Art historians who think the use of optics is cheating have resisted the Hockney-Falco thesis. But as Hockney notes, “optics do not make marks, only the artist’s hand can do that, and it requires great skill. And optics don’t make drawing any easier either, far from it…. But to an artist six hundred years ago optical projections would have demonstrated a new vivid way of looking at and representing the material world.” Before Hockney, Martin Kemp had reasoned that painters of the time were drawn to science and would have considered it a point of pride to be proficient with optical devices.
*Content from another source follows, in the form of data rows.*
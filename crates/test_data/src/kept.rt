// Values, views, arrays and objects that are written.
use crate::looks::{Row, each_holds, holds, is_value};
use json_text::Result;
use json_value::Value;
use std::alloc::Global;
use test_fixtures::value_of;

// Whether the object is made a value of the same text.
fn object_stays(alloc: Global, text: &str) -> Result<bool> {
    match value_of(alloc, text)? {
        Value::Object(object) => is_value(alloc, &object, text),
        _ => Ok(false),
    }
}

fn array_stays(alloc: Global, text: &str) -> Result<bool> {
    match value_of(alloc, text)? {
        Value::Array(array) => is_value(alloc, &array, text),
        _ => Ok(false),
    }
}

fn value_stays(alloc: Global, text: &str) -> Result<bool> {
    let value = value_of(alloc, text)?;
    Ok(is_value(alloc, &value, text)? && is_value(alloc, &value.view(), text)?)
}

// A text of a value that is a view too.
struct Kept {
    json: &'static str,
}

impl Row for Kept {
    fn text(&self) -> &'static str {
        self.json
    }

    fn holds(&self, alloc: Global) -> bool {
        holds(value_stays(alloc, self.json))
    }
}

const VALUES: &[Kept] = &[
    Kept { json: "null" },
    Kept { json: "\"x\"" },
    Kept { json: "1.50" },
    Kept {
        json: "{\"b\":[1,-2,1.50,\"x\",true,null],\"a\":{}}",
    },
];

#[test]
fn values_keep_their_tree(rt: HostRuntime) {
    each_holds(&rt, rt.alloc(), VALUES);
    assert!(rt; holds(object_stays(rt.alloc(), "{\"b\":[1],\"a\":{}}")));
    assert!(rt; holds(array_stays(rt.alloc(), "[[],2]")));
}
The slow steps the brothers have taken toward their understanding of vision and light began with a series of collaborative projects at Cooper Union in New York, the art school the Colorado natives both graduated from in 2004. They began by building a dome of matchsticks, glued together layer by layer, with the red tips forming the shell. “Building that sculpture was the first time we started to think about other entities in nature that shared that spatial structure, the structure of a bunch of rays perpendicular to a sphere,” says Trevor. “And the first things that came to mind were light rays being emitted from a point source, like a lightbulb, which has a spherical burst of rays. And then also, light rays coming into your pupil, condensing back to a point. It was building that structure that really got us to wrap our minds around the science involved, and to start considering the physics of it more specifically.”
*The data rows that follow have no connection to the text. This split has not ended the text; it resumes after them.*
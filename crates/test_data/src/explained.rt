// A table of texts, and what is said of each.
use crate::config::Config;
use crate::looks::{Row, each_holds};
use json_explain::{Explanation, from_str};
use std::alloc::Global;

// A text, and what is said of it: nothing where it is read.
struct Said {
    json: &'static str,
    said: &'static str,
}

fn is_shown(alloc: Global, error: &Explanation, said: &str) -> bool {
    match format!(in alloc; "{error}") {
        Ok(shown) => shown.as_str() == said,
        Err(_) => false,
    }
}

impl Row for Said {
    fn text(&self) -> &'static str {
        self.json
    }

    fn holds(&self, alloc: Global) -> bool {
        match from_str::<Config>(alloc, self.json) {
            Ok(_) => self.said.is_empty(),
            Err(error) => is_shown(alloc, &error, self.said),
        }
    }
}

const FOUR: &[Said] = &[
    Said {
        json: "{\"servers\": [\n  {\"host\": \"a\", \"port\": 80},\n  {\"host\": \"b\", \"port\": 70000}]}",
        said: "line 3 column 25, path \"/servers/1/port\": a number, where an integer from 0 to 65535 is wanted",
    },
    Said {
        json: "{\"servers\": [\n  {\"host\": \"a\", \"port\": 80},\n  {\"host\": \"b\"}]}",
        said: "line 3 column 3, path \"/servers/1\": the member \"port\" is missing",
    },
    Said {
        json: "{\"servers\": [],\n\"waits\": [1,\n \"2\"]}",
        said: "line 3 column 2, path \"/waits/1\": a string, where an integer from 0 to 4294967295 is wanted",
    },
    Said {
        json: "{\"servers\": [],\n\"names\": {\"200\": \"OK\",\n \"4o4\": \"not found\"}}",
        said: "line 3 column 9, path \"/names/4o4\": no member with this key is wanted",
    },
];

#[test]
fn four_errors(rt: HostRuntime) {
    each_holds(&rt, rt.alloc(), FOUR);
}

const OTHERS: &[Said] = &[
    Said {
        json: "{\"servers\": [{\"port\": 1, \"host\": \"\"}]}",
        said: "",
    },
    Said {
        json: "{\"servers\": [],\n \"name\": {}}",
        said: "line 2 column 10, path \"/name\": no member with this key is wanted",
    },
    Said {
        json: "[]",
        said: "line 1 column 1, path \"\": an array, where an object is wanted",
    },
    Said {
        json: "{\"servers\": [1]}",
        said: "line 1 column 14, path \"/servers/0\": a number, where an object is wanted",
    },
    Said {
        json: "{\"servers\": [}",
        said: "InvalidJsonValue at offset 13, line 1 column 14",
    },
];

#[test]
fn others(rt: HostRuntime) {
    each_holds(&rt, rt.alloc(), OTHERS);
}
Finally came the discovery of the ghost image. Holding his sketchbook waist high and standing directly above a leaf on the ground, Trevor found that when he focused on the sketchbook to draw, a double image of the leaf appeared beyond it, and when he focused on the leaf, a double image of the sketchbook appeared. As he looked down and placed the sketchbook in front of his left eye while looking at the leaf with his right, Trevor’s visual cortex attempted to merge paper and leaf into one image, creating an overlap that allowed him to essentially see through the paper and trace the leaf in detail. “The ghost image was the pivotal realization for what then turned into the method to capture the world in its proportions, scale, and diminishing perspective, exactly as your eyes see,” he says. “This is a way of rendering realism that takes proportion, location, and perspective as a given and automatically gets them right.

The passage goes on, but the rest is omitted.